Sara Tirschwell was an investor raising a new distressed debt fund for TCW, a quiet but hugely powerful asset management firm. When she joined the firm in 2016, her ex-boyfriend, Jess Ravich, was her boss. Relationships between a direct report and their manager were prohibited at the company, but TCW knew about the pair’s history and both had agreed to keep things professional. Tirschwell alleges that Ravich quickly began pressuring her into having sex.
According to the New York Times, Tirschwell reportedly “worried that if she refused him, the fund itself”—the reason she was hired—”would never get off the ground.” And her concerns may have had merit: she says that when she stopped having sex with Ravich in early 2017, he withdrew support for her fund.
Tirschwell was fired nine days after she filed a sexual harassment claim. The firm cited other reasons: five violations (of the finance kind) and past concerns about not meeting the targets in her contract.

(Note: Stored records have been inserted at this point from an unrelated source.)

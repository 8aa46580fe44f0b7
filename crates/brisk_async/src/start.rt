//! The codes with which a machine starts.
ghost use Rattle.std.specs.Prelude.{◌≡◌, IfOk, OnOk};
ghost use Rattle.std.specs.FinMap as map;
ghost use Rattle.brisk_syntax.specs.Value.{size_in};
ghost use Rattle.brisk_async.specs.Begun.{with_code, with_codes};

use crate::codes::Codes;
use brisk_instance::members_of;
use brisk_syntax::{Role, Roles, code_from, copy_code};
use brisk_values::{NoMemory, Pid, Sizes};
use std::alloc::Global;

// Adds the role's code for each of its processes, which share it.
fn add_codes(alloc: Global, codes: &mut Codes, role: &Role, members: u32) -> Result<(), NoMemory>
    ensures { OnOk result (codes.new ≡ with_code role.now.name role.now.code.value members codes.old) }
{
    let code = code_from(alloc, &role.code)?;
    for member in 0..members {
        let process = Pid {
            role: role.name,
            member,
        };
        codes.add(process, copy_code(alloc, &code)?)?;
    }
    Ok(())
}

/// The code of each process.
pub fn start_codes(alloc: Global, roles: &Roles, sizes: &Sizes) -> Result<Codes, NoMemory>
    ensures { IfOk result (λ c. c ≡ with_codes (size_in sizes.now) roles.now map.empty) }
{
    let mut codes = Codes::new(alloc);
    for role in &roles.items {
        add_codes(alloc, &mut codes, role, members_of(role, sizes))?;
    }
    Ok(codes)
}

And, in yet another twist to already complicated case, Tirschwell appears to be having difficulty remembering the details of some of the alleged encounters with her then boss.
The most unusual aspect of the case, though, is that it’s playing out in court; most Wall Street grievances are settled in private. The rarity of this public forum provides an important reminder: just because we’re not hearing about allegations of sexual harassment in certain industries does not mean the abuse doesn’t exist.
New York Times
ALSO IN THE HEADLINES
• A CEO promotion at PepsiCo. Fortune‘s Beth Kowitt has the exclusive this morning on a management shake-up at PepsiCo. CEO Ramon Laguarta has promoted Paula Santilli to CEO of PepsiCo’s Latin America operation, a $7.4 billion business. Santilli came up through PepsiCo’s Latin America operation and was most recently president of PepsiCo Mexico Foods. She arrived at PepsiCo through its acquisition of Quaker Oats.
• Gillibrand 2020. Sen. Kirsten Gillibrand officially entered the 2020 race yesterday. (While you could be forgiven for thinking she was already a candidate, the senator was technically only “exploring a run” until this weekend.) The announcement featured a video that billed Gillibrand as “a leader who makes big, bold, brave choices.” She’ll deliver her first speech as a presidential candidate next weekend outside a Trump hotel in New York. Meanwhile, male candidates Cory Booker and Beto O’Rourke recently suggested they’d commit to picking a woman as their vice president.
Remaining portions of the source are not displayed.